Today, Zach and I had a meeting at Nati's school with his teacher, Y, the class psychologist, one of the therapists, and a school administrator. I will admit to a certain amount of trepidation, since Y was rather insistent on having this meeting, and I was worried they were going to tell us that they feel he should switch to the school for autistic children (which deals with children who have much more severe cases of autism) rather than keeping him in a class for higher functioning kids in a mainstream school. I don't know why I immediately went negative, it just seems to be reflexive for me.
Nati will be turning 12 in May, and if things had worked out better for him scholastically, he'd be in the 6th grade now. But he spent an extra year in preschool, and repeated second grade, which means he's actually only in the 4th grade. Now, I'm not giving this information because I'm embarrassed by/for him; I know he does the best he can, I know he's a smart kid, and I know he's come a long way. This is just information for context, and part of the reason Zach and I had a meeting today.
Nati is the oldest in his class. If he were in 6th grade, we'd be discussing middle schools for him. And that's actually what this meeting was about. Beginning dialog and starting to weigh the pros and cons of keeping Nati on the track he's been on (meaning 5th grade next school year, and being the oldest in his class by far), or moving him up to middle school, to be with his peers for the next school year instead.
His teacher and the therapists have noticed that during recess, Nati does seek out the 6th graders to play with (in my head, I call them the older kids, but in reality, they're Nati's age), which is rather telling. He seems to instinctively be seeking out his peers. Being older means his physical hygiene class (which they get) will be different than those of the 9 and 10 year olds; he'd be learning about puberty, the various changes in his body, the need for deodorant, etc. And as a Jewish boy, they'll be discussing turning 13 years old and the all important bar mitzvah.
Which has been a red line for him for nearly 2 years now. He doesn't want the chaos of a party or of a being around a lot of people. Which I completely understand. We would cater anything we'd do around HIS needs and sensitivities. Instead of having him read a portion from the Torah scrolls, he'd just say the blessing. Instead of having it on Shabbat in a full synagogue, we'd do it during the week for family only. Instead of having a big party... heck, we'll have a BBQ and he can have all the hot dogs and onion rings he wants. No music, no flashing lights.
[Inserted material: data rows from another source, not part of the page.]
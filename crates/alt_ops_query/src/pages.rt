//! The page of a range of a table, or of one of its indexes.

ghost use Rattle.std.specs.Prelude.{◌≡◌, ◌<◌, ◌≤◌, ◌+◌, true, false, List, Some, IfOk, IfErr, IfSome, OnOk, codes};
ghost use Rattle.std.specs.FinMap as map;
ghost use Rattle.serde_json.specs.View.{members_view};
ghost use Rattle.serde_json.specs.Written.{has_float};
ghost use Rattle.alt_base.specs.Counts.{Rose};
ghost use Rattle.alt_cells.specs.Walks.{RowMap};
ghost use Rattle.alt_machine.specs.Lists.{page_asked, pages};
ghost use Rattle.alt_machine.specs.Members.{table_name};
ghost use Rattle.alt_machine.specs.Outcomes.{says};
ghost use Rattle.alt_machine.specs.Sources.{index_at, selects};
ghost use Rattle.alt_machine.specs.State.{State, Table};
ghost use Rattle.alt_machine.specs.Walks.{items_between};
ghost use Rattle.alt_ops_query.specs.PageReads.{most_reads_of_page};
ghost use Rattle.alt_ops_query.specs.private.Paged.{AnswersPage, HasLimit, answer_with};
ghost use Rattle.alt_paging.specs.Offered.{asked_of_page};
ghost use Rattle.alt_request.specs.Carried.{FollowsOutcome, IsPlainResult, IfFailed};
ghost use Rattle.alt_request.specs.Steps.{IsMemory};
ghost use Rattle.alt_schema.specs.declared.schema.TableSchema.{TableSchema};
ghost use Rattle.alt_shape.specs.Body.{body_json};
ghost use Rattle.alt_shape.specs.Refusals.{answer_of};
ghost use Rattle.alt_request.specs.TablesReading.{HasRowFiles, family_read};
ghost use Rattle.alt_request.specs.TablesStands.{AreReady, Reads, Stands, catalog_of, bounds_of};
ghost use Rattle.alt_views.specs.Readable.{CanRead};

use crate::asking::page_ask;
use crate::replies::page_reply;
use crate::sources::index_of;
use crate::walking::fill;
use alt_disk::Disk;
use alt_keyorder::KeyRange;
use alt_machine::Expressions;
use alt_paging::{PageAsk, Pager};
use alt_request::{Stop, TableFault, Tables, table_name};
use alt_schema::TableSchema;
use alt_shape::Reply;
use serde_json::{Map, Value};
use std::alloc::Global;

/// Answers the page of the items of a range in the table that a body names, or in its index of that number.
pub(crate) fn page_of_range<D: Disk>(
    alloc: Global,
    tables: &mut Tables,
    disk: &mut D,
    body: &Map<String, Value>,
    said: Expressions,
    index: Option<usize>,
    range: KeyRange,
    forward: bool,
) -> Result<Reply, Stop>
    requires ready { AreReady (D.state disk.old) tables.old }
    requires there { map.contains_key (catalog_of tables.old)
        (table_name (members_view body.now.entries)) ≡ true }
    requires index { (d : TableSchema) → map.get (catalog_of tables.old)
        (table_name (members_view body.now.entries)) ≡ Some d
        → IfSome index (λ n. CanRead d n) }
    requires limit { HasLimit (members_view body.now.entries) }
    ensures does { (s : State) (t : Table) → Stands (D.state disk.old) tables.old s
        → map.get s.tables (table_name (members_view body.now.entries)) ≡ Some t
        → FollowsOutcome (bounds_of tables.old).file
        (Stands (D.state disk.new) tables.new) s (pages t.description
        (index_at t.description index) (members_view body.now.entries) said
        (items_between t (index_at t.description index) range.from range.to forward)) result }
    ensures reads { (s : State) (t : Table) (maps : List RowMap)
        → Stands (D.state disk.old) tables.old s
        → map.get s.tables (table_name (members_view body.now.entries)) ≡ Some t
        → HasRowFiles (D.state disk.old).file
        (family_read t.description (index_at t.description index)) maps
        → OnOk result ((D.state disk.new).reads ≤ (D.state disk.old).reads
        + most_reads_of_page t (index_at t.description index) forward range.from range.to
        (page_asked (members_view body.now.entries) said)
        (items_between t (index_at t.description index) range.from range.to forward) maps) }
    ensures plain { IsPlainResult result }
    ensures disk { Reads (D.state disk.old) (D.state disk.new) }
    ensures failed { IfFailed result (Rose (D.state disk.old).faults (D.state disk.new).faults) }
    ensures limits { bounds_of tables.new ≡ bounds_of tables.old }
{
    let Expressions {
        condition,
        projection,
        ..
    } = said;
    let ask = page_ask(body, condition, projection);
    page_of_ask(alloc, tables, disk, body, ask, index, range, forward)
}

/// Answers the page that is asked for.
fn page_of_ask<D: Disk>(
    alloc: Global,
    tables: &mut Tables,
    disk: &mut D,
    body: &Map<String, Value>,
    ask: PageAsk,
    index: Option<usize>,
    range: KeyRange,
    forward: bool,
) -> Result<Reply, Stop>
    requires ready { AreReady (D.state disk.old) tables.old }
    requires there { map.contains_key (catalog_of tables.old)
        (table_name (members_view body.now.entries)) ≡ true }
    requires index { (d : TableSchema) → map.get (catalog_of tables.old)
        (table_name (members_view body.now.entries)) ≡ Some d
        → IfSome index (λ n. CanRead d n) }
    requires limit { IfSome ask.limit (λ most. 0 < most) }
    requires counts { ask.count_only ≡ selects (codes "COUNT") (members_view body.now.entries) }
    ensures does { (s : State) (t : Table) → Stands (D.state disk.old) tables.old s
        → map.get s.tables (table_name (members_view body.now.entries)) ≡ Some t
        → FollowsOutcome (bounds_of tables.old).file
        (Stands (D.state disk.new) tables.new) s (says (answer_with t.description
        (index_at t.description index) (members_view body.now.entries) ask
        (items_between t (index_at t.description index) range.from range.to forward))) result }
    ensures reads { (s : State) (t : Table) (maps : List RowMap)
        → Stands (D.state disk.old) tables.old s
        → map.get s.tables (table_name (members_view body.now.entries)) ≡ Some t
        → HasRowFiles (D.state disk.old).file
        (family_read t.description (index_at t.description index)) maps
        → OnOk result ((D.state disk.new).reads ≤ (D.state disk.old).reads
        + most_reads_of_page t (index_at t.description index) forward range.from range.to (asked_of_page ask)
        (items_between t (index_at t.description index) range.from range.to forward) maps) }
    ensures plain { IsPlainResult result }
    ensures disk { Reads (D.state disk.old) (D.state disk.new) }
    ensures failed { IfFailed result (Rose (D.state disk.old).faults (D.state disk.new).faults) }
    ensures limits { bounds_of tables.new ≡ bounds_of tables.old }
{
    let name = table_name(body);
    let mut pager = Pager::new(alloc, ask);
    fill(alloc, tables, disk, name, index, range, forward, &mut pager)?;
    answered(alloc, tables, body, index, pager)
}

/// The reply with the page that was filled.
fn answered(
    alloc: Global,
    tables: &Tables,
    body: &Map<String, Value>,
    index: Option<usize>,
    pager: Pager,
) -> Result<Reply, Stop>
    requires there { map.contains_key (catalog_of tables.now)
        (table_name (members_view body.now.entries)) ≡ true }
    requires index { (d : TableSchema) → map.get (catalog_of tables.now)
        (table_name (members_view body.now.entries)) ≡ Some d
        → IfSome index (λ n. CanRead d n) }
    ensures reply { IfOk result (λ reply. (d : TableSchema)
        → map.get (catalog_of tables.now) (table_name (members_view body.now.entries)) ≡ Some d
        → AnswersPage d (index_at d index) (members_view body.now.entries) pager
        (answer_of reply)) }
    ensures plain { IfOk result (λ reply. has_float (body_json reply.body) ≡ false) }
    ensures cause { IfErr result IsMemory }
{
    let Some(schema) = tables.table(table_name(body)) else {
        unreachable!();
    };
    filled_reply(alloc, schema, index, body, pager)
}

/// The reply with the page that was filled from a table of that description.
fn filled_reply(
    alloc: Global,
    schema: &TableSchema,
    index: Option<usize>,
    body: &Map<String, Value>,
    pager: Pager,
) -> Result<Reply, Stop>
    requires index { IfSome index (λ n. CanRead schema.now n) }
    ensures reply { IfOk result (λ reply. AnswersPage schema.now (index_at schema.now index)
        (members_view body.now.entries) pager (answer_of reply)) }
    ensures plain { IfOk result (λ reply. has_float (body_json reply.body) ≡ false) }
    ensures cause { IfErr result IsMemory }
{
    let page = pager.finish();
    match page_reply(alloc, schema, index_of(schema, index), body, page) {
        Ok(reply) => Ok(reply),
        Err(_) => Err(Stop::Fault(TableFault::NoMemory)),
    }
}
And if he's in a class of peers, where all the boys are planning a bar mitzvah of some kind, maybe he'll come around.
As far as his actual education, we're told that at a certain point, classes often become a mix of different grades (and in classes for ASD kids, the class size is 8-9 children), but same age. The kids all have their own IEP (Individualized Education Program, called TALA here in Israel), so Nati wouldn't suffer scholastically by finishing 4th grade and going into 7th.
Once we were all in agreement that getting things started to move Nati up to middle school for September 2019, Y and the therapist both said that at the beginning of the meeting, they each felt that having Nati go to 5th grade was the right move for him, but after talking things out, and seeing how he's already seeking/needing peers rather than just classmates, making this move this year rather than next year is the best solution for Nati. There are three possible schools in Be'er Sheva that will suit Nati, but we won't know until closer to the 2019-2020 school year where he'll be exactly. And before anyone asks, no, I don't think any of the three schools are religious.
Wonderful.
ReplyDeleteDecades ago, I heard an educational psychologist say that children know what grade they should be in. The question was about those born at the cutoff, and the parents wanted to know whether to put them in first grade or have them stay another year in preschool.
The advice was to decide according to the child's friends. I'm glad you were given that advice, too.